Probing the formation of planetesimals in the Galactic Centre using Sgr A* flares

TL;DR

This paper investigates how planetesimals form in the Galactic Centre and their role in causing observable flares from Sgr A*, finding that debris discs around stars are the most consistent formation scenario with observed flare rates.

Contribution

It compares two formation scenarios for planetesimals in the Galactic Centre and models their orbital evolution to predict flare rates, favoring formation in debris discs around stars.

Findings

Predicted flaring rate is approximately 0.6 per day.

Flaring rate is nearly independent of perturber distribution.

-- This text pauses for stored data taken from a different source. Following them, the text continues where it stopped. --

//! Registered names, type by type.

ghost use Rattle.std.specs.Prelude.{◌≡◌, ◌+◌, ◌<◌, ◌^◌, IfOk, OnOk, length, slice_index_or};
ghost use Rattle.gob_source.specs.Adds.{Adds};
ghost use Rattle.gob_source.specs.Places.{CountsNames, KnowsNamings, PutsNaming, count_in};
ghost use Rattle.gob_source.specs.Registered.{name_line, naming, names_of, names_text, namings};

use crate::registered::Registered;
use crate::text::{push_escaped, push_text};
use gob_types::TypeId;
use indexmap::IndexMap;
use std::alloc::{AllocError, Global};

/// A name of a type, by its place among the names of that type.
#[derive(Clone, Copy, PartialEq, Eq, Hash)]
pub(crate) struct NamePlace {
    id: TypeId,
    place: usize,
}

/// The names of each type: how many it has, and which. Both are found by their hashes.
pub(crate) struct NamesByType<'a> {
    /// All of the names.
    pub all: &'a [Registered],
    counts: IndexMap<TypeId, usize>,
    names: IndexMap<NamePlace, &'a [u8]>,
    ghost counted: { CountsNames (namings all.now) counts.entries },
    ghost known: { KnowsNamings (namings all.now) names.entries },
}

impl<'a> Drop for NamesByType<'a> {
    fn drop(self) {
        let NamesByType {
            all: _,
            counts: _,
            names: _,
        } = self;
    }
}

impl<'a> NamesByType<'a> {
    /// These names, type by type.
    pub(crate) fn new(alloc: Global, all: &'a [Registered]) -> Result<Self, AllocError>
        ensures { IfOk result (λ names. names.all.now ≡ all.now) }
    {
        let mut counts = IndexMap::new(alloc);
        let mut names = IndexMap::new(alloc);
        for index in 0..all.len() {
            put_naming(&all[index], &mut counts, &mut names)?;
        }
        Ok(NamesByType { all, counts, names })
    }

    // How many names a type has.
    fn count_of(&self, id: TypeId) -> usize
        ensures { result ≡ length (names_of id (namings self.now.all.now)) }
    {
        self.counts.get(&id).copied().unwrap_or(0)
    }

    // One of them.
    fn name_of(&self, id: TypeId, place: usize) -> &'a [u8]
        requires { place < length (names_of id (namings self.now.all.now)) }
        ensures { result.now ≡ slice_index_or (names_of id (namings self.now.all.now)) place result.now }
    {
        match self.names.get(&NamePlace { id, place }) {
            Some(name) => *name,
            None => unreachable!(),
        }
    }
}

// Puts a name behind those of its type.
fn put_naming<'a>(
    registered: &'a Registered,
    counts: &mut IndexMap<TypeId, usize>,
    names: &mut IndexMap<NamePlace, &'a [u8]>,
) -> Result<(), AllocError>
    requires { count_in counts.old.entries registered.now.id + 1 < 2 ^ 64 }
    ensures { OnOk result (PutsNaming (naming registered.now) counts.old.entries counts.new.entries names.old.entries
        names.new.entries) }
{
    let id = registered.id;
    let place = counts.get(&id).copied().unwrap_or(0);
    names.insert(NamePlace { id, place }, registered.name.as_slice())?;
    counts.insert(id, place + 1)?;
    Ok(())
}

/// Appends the names of a type, a line each.
pub(crate) fn push_names(
    names: &NamesByType<'_>,
    id: TypeId,
    out: &mut Vec<u8>,
) -> Result<(), AllocError>
    ensures { Adds result out.old.items out.new.items (names_text (names_of id (namings names.now.all.now))) }
{
    for place in 0..names.count_of(id) {
        push_name_line(names.name_of(id, place), out)?;
    }
    Ok(())
}

// Appends a line with a name.
fn push_name_line(name: &[u8], out: &mut Vec<u8>) -> Result<(), AllocError>
    ensures { Adds result out.old.items out.new.items (name_line name.now) }
{
    push_text(b"\n// registered as ", out)?;
    push_escaped(name, out)
}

Formation in debris discs around stars is more consistent with observations.

Abstract

Flares in X-ray and near infrared are observed above the quiescent emission of the supermassive black hole (SBH) in the Galactic Centre (GC) at a rate of approximately once per day. One proposed energy source for these flares is the tidal disruption of planetesimals with radius $\gtrsim 10$ km passing within $\sim$ 1 AU of the SBH. Very little is known about the formation and evolution of planetesimals in galactic nuclei such as the GC, making predictions for flaring event rates uncertain. We explore two scenarios for the formation of planetesimals in the GC: (1) in a large-scale cloud bound to the SBH, and (2) in debris discs around stars. We model their orbital evolution around the SBH using the Fokker-Planck equation and investigate the effect of gravitational interactions with various relevant perturbers. Our predicted flaring rate, $\approx 0.6 \, \mathrm{day^{-1}}$, is nearly independent of the distribution of perturbers. Moreover, it is insensitive to scenarios (1) or (2). The assumed number of planetesimals per star is consistent with debris discs around stars in the Solar neighbourhood. In scenario (1) this implies that the number of planetesimals formed in the large-scale cloud is strongly correlated with the number of stars, and this requires finetuning for our results to be consistent with the observed flaring rate. We favour the alternative explanation that planetesimals in the GC are formed in debris discs around stars, similar to the Solar neighbourhood.